- Born: 7 February 1925 Bucharest, Romania
- Died: 15 May 2004 (aged 79) Paris, France
- Occupations: composer, arranger, conductor
- Era: 20th century

= Marius Constant =

Romanian-born French composer and conductor (1925 - 2004)

Marius Constant (7 February 1925 – 15 May 2004) was a Romanian-born French composer and conductor. Although known in the classical world primarily for his ballet scores, his most widely known music was the iconic guitar theme for The Twilight Zone American television series.

==Career==
Constant was born in Bucharest, Romania, and studied piano and composition at the Bucharest Conservatory, receiving the George Enescu Award in 1944. In 1946, he moved to Paris, studying at the Conservatoire de Paris with Olivier Messiaen, Tony Aubin, Arthur Honegger and Nadia Boulanger. His compositions earned several prizes, including the Prix Italia in 1952 for his composition Le joueur de flûte. From 1950 on, he was increasingly involved with electronic music and joined Pierre Schaeffer's Groupe de Recherche de Musique Concrète.

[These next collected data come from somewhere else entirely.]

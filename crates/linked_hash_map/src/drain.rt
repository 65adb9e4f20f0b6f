//! Draining a map.
ghost use Rattle.std.specs.Prelude.{◌≡◌, Some, IfSome, length, map};
ghost use Rattle.std.specs.Iterator.{at_most, UpTo};
ghost use Rattle.std.specs.Iterator.SizeHint.{IsWithinCount};

use lhm_ring::table;
use std::iter::FusedIterator;

/// A fused double-ended iterator over the pairs removed by `drain`. Its methods are O(1). Dropping
/// it drops the pairs left, in O(n); forgetting it leaks them.
pub struct Drain<'a, K, V> {
    nodes: table::Drain<'a, K, V>,
}

impl<'a, K, V> Drain<'a, K, V> {
    ghost use Rattle.lhm_ring.specs.Drain as ring;
    ghost use Rattle.linked_hash_map.specs.Drains.{drain_rest, drain_name};

    /// Returns an iterator over the pairs of a table.
    pub(crate) fn new(nodes: table::Drain<'a, K, V>) -> Self
        ensures rest { drain_rest result ≡ map (λ t. t.1) (ring.drain_rest nodes.entry) }
        ensures name { drain_name result ≡ ring.drain_name nodes.entry }
    {
        Drain { nodes }
    }
}

/// Drops the pairs left.
impl<'a, K: Drop, V: Drop> Drop for Drain<'a, K, V> {
    fn drop(self) {
        let Drain { nodes } = self;
        drop(nodes);
    }
}

impl<'a, K: Drop, V: Drop> Iterator for Drain<'a, K, V> {
    ghost use Rattle.linked_hash_map.specs.Drains.{drain_rest, DrainSteps};

    type Item = (K, V);

    ghost next_gives = { DrainSteps };

    ghost remaining = { λ d. at_most (length (drain_rest d)) };

    fn next(&mut self) -> Option<(K, V)> {
        match self.nodes.next() {
            Some((_, key, value)) => Some((key, value)),
            None => None,
        }
    }

    fn size_hint(&self) -> (usize, Option<usize>)
        ensures lower { IsWithinCount result.0 (at_most (length (drain_rest self.now))) }
        ensures upper { IfSome result.1 (UpTo (at_most (length (drain_rest self.now)))) }
        ensures exact { result
            ≡ (length (drain_rest self.now), Some (length (drain_rest self.now))) }
    {
        let len = self.len();
        (len, Some(len))
    }
}

impl<'a, K: Drop, V: Drop> DoubleEndedIterator for Drain<'a, K, V> {
    ghost use Rattle.linked_hash_map.specs.Drains.{DrainStepsBack};

    ghost next_back_gives = { DrainStepsBack };

    fn next_back(&mut self) -> Option<(K, V)> {
        match self.nodes.next_back() {
            Some((_, key, value)) => Some((key, value)),
            None => None,
        }
    }
}

impl<'a, K: Drop, V: Drop> ExactSizeIterator for Drain<'a, K, V> {
    fn len(&self) -> usize {
        self.nodes.len()
    }
}

impl<'a, K: Drop, V: Drop> FusedIterator for Drain<'a, K, V> {}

From 1956 to 1966, Constant conducted at the Ballets de Paris, then directed by Roland Petit. To this period belong the numerous ballet scores for Petit and Maurice Béjart, namely: Haut-voltage (1956), Contrepointe (1958), Cyrano de Bergerac (1959), Éloge de la folie (1966) and Paradis perdu (1967). For the 1957 Aix-en-Provence Festival, he wrote a piano concerto, but won wider recognition for the premiere, conducted by Leonard Bernstein, of 24 Préludes pour Orchestre (1958). Turner (1961) was a tone poem inspired by the English painter William Turner.

In the late 1950s, Constant was commissioned by Lud Gluskin of CBS to create a number of short pieces for the CBS stock music library that could be used in CBS radio and TV shows. The unusual, sometimes discordant nature of Constant's work meant that the pieces were seldom heard or used. In 1960, Gluskin was asked to find a new theme for the main title and end credits of the CBS television series The Twilight Zone, then entering its second season, to replace the original one by Bernard Herrmann. New pieces submitted by Herrmann, Jerry Goldsmith, Leith Stevens, and others, were considered unsuitable. In desperation, Gluskin edited together two pieces by Constant ("Étrange No. 3", a series of repeated four-note phrases on electric guitar, and "Milieu No. 2", an odd pattern of guitar notes, bongo drums, brass and flutes). The resulting theme quickly became iconic, and is easily Constant's most well-known work. Constant himself was apparently unaware for some years that his music was being used as The Twilight Zone theme. Because the music was part of a "work made for hire" agreement with CBS, Constant derived no ongoing income from it.

In 1963, Constant founded the pioneering Ensemble Ars Nova. In 1970, he took over the musical direction of the ORTF; from 1973 to 1978 he directed at the Paris Opera, and in 1988 and 1989 was Professor of Orchestration at the Paris Conservatory. Besides these appointments, he taught at Stanford University and in Hilversum. Later ballets include Septentrion (1975), Nana (1976) and L'ange bleu (1985). La tragédie de Carmen (1981), his adaptation of Bizet's opera for director Peter Brook, was an international success.

Composed in 1981, 103 Regards dans l’eau is a violin concerto with 103 titled 'movements' in four main sections, inspired by “poetic celebrations of water” taken from a variety of literary and scientific sources. In 1983, he wrote a Symphonie based on Claude Debussy's opera Pelléas et Mélisande. In 1987, he arranged the orchestral music for the ballet Les mariés de la tour Eiffel, a pastiche by various French composers, for an ensemble of 15 instruments. In 1990, he also made an orchestral arrangement of the piano composition Gaspard de la nuit by Maurice Ravel. He returned to Debussy's Pelleas in 1992 when he abridged and arranged Debussy's score for two pianos in a Peter Brook production entitled Impressions of Pelleas.

He died in Paris in 2004, aged 79, and is buried at Ivry Cemetery, Ivry-sur-Seine.